After a “hot” piloting last week, the brain apparently relaxed and got hooked on the question: “And what had to be done so that everything went smoothly and without all these nerves?”
I will try to state the options for the answers that he generated.
About myself
9 years - SAP ERP IT consultant. Responsibilities: design, team building, testing and debugging, training, piloting.
Applicability framework
He wrote based on projects from 3-4 months to 1 year with complex intersystem integration.
Having decided not to risk drowning in the achievement of perfectionism, having lost the initial passion for writing, I had to abandon the claims to a high level of structure, consistency and completeness. For the same reasons, the text was written only “from personal experience”; I did not read the texts that were consonant on the topic before publication.
Therefore, to a certain extent, I am counting on commentators to, possibly, write a second edition, in which the above criteria were already at the proper level.
Glossary
BA - business analyst
BZ - knowledge base of the
BT project - business requirements
IT - architect and consultants of the project team
KP - key user
MK - junior consultant, enikeyschik
PR - design solution
Prod - productive system
Razrab - developer
ST - test scripts
SK - senior consultant,
TK designer - terms of reference
Keys to IT Project Success
The general message is smooth communication
It is necessary to achieve synchronicity between business and IT in the perception of business requirements, test scenarios, design solution and how it will look in implementation.
Detailed and thoughtful BT
BT must have a complete and synchronous understanding between business and IT. To do this, it should be BA and CP (ideally, when BA is a former CP).
Complete set of test scripts
The maximum number of maximally detailed scenarios should be known and worked out before writing the solution. Scripts should be written in order from the most common to the rarest. The latter, in the case of their expensive automation, must have thoughtful manual control.
Division of labor within IT
The project team should have a division according to the intellectual complexity of the work. It’s good if the designer has the skill, without unnecessary expenses, to style the documents stylistically accurately. Otherwise, it is better to give the guidance of "beauty" to a person with a junior position.
The same applies to the content of TK / PR up to date:
- SK writes to the developer about the adjustments and puts the MK in a copy
- MK collects and reflects changes in edit mode using versioning
- SC accepts edits
- MK updates the documentation in the KB
Testing should also be delegated to MC.
I don’t know how it is outside of SAP, but the consultant-harvester principle is often used here, which does everything (design, testing, writing documentation).
As a result, quality, terms (and “money”) suffer and risks associated with everything being tied up for 1 person.
Testing Scripts Before Release
- Testing should be carried out in an environment close to the production (ideally in a copy of the sales).
- The participation of people who will directly work with the functionality is obligatory (it is advisable to conduct an educational program by decision before that).
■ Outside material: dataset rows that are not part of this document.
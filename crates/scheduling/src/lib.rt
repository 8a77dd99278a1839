// Jobs in turn, one rule at a time: a search over them, job by job, for the next that has rules left, and its turn.
#![tactic(auto)]

ghost use Rattle.std.specs.Prelude.{◌≡◌, ◌<◌, length, MatchResult, IfSome};
ghost use Rattle.operations.specs.Enums.{reply_of};
ghost use Rattle.operations.specs.Jobs.{max_jobs};
ghost use Rattle.scheduling.specs.Search.{standing_of, is_allowed, comes_first, begun, visited, looked, Ready};
ghost use Rattle.scheduling.specs.Run.{taken, served, marks_taken, marks_after};

use format::{ErrorCode, MAX_RULES};
use operations::{Error, Job};
use seeking::Standing;

const MAX_JOBS: usize = 32;

// A job with rules left: its index, the job, and the bit of its book where its next rule begins.
#[derive(Clone, Copy)]
pub struct Found {
    pub index: usize,
    pub job: Job,
    pub at: usize,
}

// What a search over jobs has found so far: the first that is not sound, and, of those with rules left, the one that
// comes first after the last served, going round. To `visit` and `take_next` a `bad` that is no job's index counts as
// none.
#[derive(Clone, Copy)]
pub struct Search {
    pub jobs: usize,
    pub last: usize,
    pub bad: Option<usize>,
    pub next: Option<Found>,
}

// How a job stands, by its book.
#[tactic(auto, unfolding(crate::specs::Search::standing_of))]
fn inspect(job: Job, buffer: &[u8]) -> Standing
    ensures { result ≡ standing_of job buffer.now }
{
    if buffer.len() < job.start || buffer.len() - job.start < job.length {
        return Standing::Bad;
    }
    seeking::find_next(&buffer[job.start..job.start + job.length], job.marked)
}

// Whether there are 1 to 32 jobs, and the last served is one of them.
#[tactic(auto, unfolding(crate::specs::Search::is_allowed))]
fn is_allowed(jobs: usize, last: usize) -> bool
    ensures { result ≡ is_allowed jobs last }
{
    1 <= jobs && jobs <= MAX_JOBS && last < jobs
}

impl Search {
    // The start of a search over so many jobs.
    #[tactic(auto, unfolding(crate::specs::Search::begun))]
    pub fn begin(jobs: usize, last: usize) -> Search
        ensures { result ≡ begun jobs last }
    {
        Search {
            jobs,
            last,
            bad: None,
            next: None,
        }
    }

    // Whether a job with rules left, met after those so far, comes before the one that was found.
    #[tactic(auto, unfolding(crate::specs::Search::comes_first))]
    fn comes_first(self, index: usize) -> bool
        ensures { result ≡ comes_first self index }
    {
        match self.next {
            None => true,
            Some(found) => self.last < index && found.index <= self.last,
        }
    }

    // What is found once a job has been looked at too, nothing at an index that is no job's. After a fault no further
    // book is read.
    #[tactic(auto, unfolding(crate::specs::Search::visited))]
    pub fn visit(self, index: usize, job: Job, buffer: &[u8]) -> Search
        ensures { result ≡ visited self index job buffer.now }
    {
        if !is_allowed(self.jobs, self.last) || self.bad.is_some_and(|bad| bad < self.jobs) {
            return self;
        }
        match inspect(job, buffer) {
            Standing::Bad => Search {
                bad: (index < self.jobs).then_some(index),
                ..self
            },
            Standing::Left { at } if self.comes_first(index) => Search {
                next: (index < self.jobs).then_some(Found { index, job, at }),
                ..self
            },
            Standing::Left { .. } | Standing::Done => self,
        }
    }

    // What `visit` finds, but that a `bad` of any index is a fault.
    #[tactic(auto, unfolding(crate::specs::Search::visited, crate::specs::Search::looked))]
    pub fn look(self, index: usize, job: Job, buffer: &[u8]) -> Search
        ensures { result ≡ looked self index job buffer.now }
    {
        if self.bad.is_some() {
            return self;
        }
        self.visit(index, job, buffer)
    }

    // The turn of the job that was found, which is answered: its next rule is marked. The jobs' errors come in the order
    // 24, 25, 12.
    #[tactic(auto, unfolding(crate::specs::Run::taken, crate::specs::Run::marks_taken))]
    pub fn take_next(self, buffer: &[u8], marks: &mut [u8]) -> Result<Option<Found>, Error>
        requires { Ready self buffer.now }
        ensures result_value { reply_of result ≡ taken self (length marks.old) }
        ensures marks_after { marks.new ≡ marks_taken self buffer.now marks.old }
        ensures small { MatchResult result (λ next. IfSome next (λ found. found.index < max_jobs))
            (λ error. error.offset < max_jobs) }
    {
        if !is_allowed(self.jobs, self.last) {
            let code = ErrorCode::NoSuchJob;
            return Err(Error {
                code,
                input: 0,
                offset: 0,
            });
        }
        if let Some(offset) = self.bad
            && offset < self.jobs
        {
            let code = ErrorCode::BadJob;
            return Err(Error {
                code,
                input: 0,
                offset,
            });
        }
        if marks.len() < MAX_RULES * self.jobs {
            let code = ErrorCode::MarksTooShort;
            return Err(Error {
                code,
                input: 2,
                offset: 0,
            });
        }
        let Some(found) = self.next else {
            return Ok(None);
        };
        let job = found.job;
        let book = &buffer[job.start..job.start + job.length];
        marks[MAX_RULES * found.index + job.marked] = seeking::mark_at(book, found.at);
        Ok(Some(found))
    }

    // What `take_next` does, but that a `bad` of any index is told.
    #[tactic(auto, unfolding(crate::specs::Run::taken, crate::specs::Run::marks_taken, crate::specs::Run::served, crate::specs::Run::marks_after))]
    pub fn run_next(self, buffer: &[u8], marks: &mut [u8]) -> Result<Option<Found>, Error>
        requires { Ready self buffer.now }
        ensures result_value { reply_of result ≡ served self (length marks.old) }
        ensures marks_after { marks.new ≡ marks_after self buffer.now marks.old }
    {
        match self.bad {
            Some(offset) if is_allowed(self.jobs, self.last) => Err(Error {
                code: ErrorCode::BadJob,
                input: 0,
                offset,
            }),
            _ => self.take_next(buffer, marks),
        }
    }
}

#[cfg(test)]
mod tests {
    use super::*;

    // One job, whose book is no part of the empty buffer, and searches over it.
    const JOB: Job = Job {
        start: 1,
        length: 0,
        marked: 0,
    };

    const BEGUN: Search = Search {
        jobs: 1,
        last: 0,
        bad: None,
        next: None,
    };

    const BAD_5: Search = Search {
        bad: Some(5),
        ..BEGUN
    };

    #[test]
    fn fault_of_any_index(rt: HostRuntime) {
        let mut marks = [7u8; MAX_RULES];
        assert_eq!(rt; BAD_5.look(0, JOB, &[]).bad, Some(5));
        assert_eq!(rt; BEGUN.look(0, JOB, &[]).bad, Some(0));
        let told = BAD_5.run_next(&[], &mut marks).err();
        assert_eq!(rt;
            told.map(|error| (error.code as u8, error.offset)),
            Some((25, 5))
        );
        assert!(rt;
            BEGUN
                .run_next(&[], &mut marks)
                .is_ok_and(|next| next.is_none())
        );
        assert_eq!(rt; marks, [7; MAX_RULES]);
    }

    #[test]
    fn fault_of_a_job(rt: HostRuntime) {
        let mut marks = [7u8; MAX_RULES];
        let bad = BAD_5.visit(0, JOB, &[]).bad;
        assert_eq!(rt; bad, Some(0));
        assert!(rt;
            BAD_5
                .take_next(&[], &mut marks)
                .is_ok_and(|next| next.is_none())
        );
        let told = Search { bad, ..BEGUN }.take_next(&[], &mut marks).err();
        assert_eq!(rt;
            told.map(|error| (error.code as u8, error.offset)),
            Some((25, 0))
        );
        assert_eq!(rt; marks, [7; MAX_RULES]);
    }
}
Common space for teams integrating systems
In the presence of complex integration on the project, it is extremely important to create a common field of the project context and ensure “proximity to the body”. Ideally, the entire project team should be in one room. Otherwise, you need a separate person or a convenient tool that would provide synchronization between teams.
Host Technical Adequacy
Formal approval of the PR by the business is the scourge of the project. The receiving party must fully and in detail imagine the solution. If the project concerns a deep modernization of existing functionality, then the business should know it well.
Ideally, if the host is a perfectly knowledgeable business person with consistent and structured logic.
Pilot Moderator
A neutral person for IT and business with the makings of an arbitrator. Builds a piloting plan, draws up test reports, keeps track of comments and their corrections.
If there is an impulse, there is an idea to describe the problems that may arise if the described recommendations are not followed.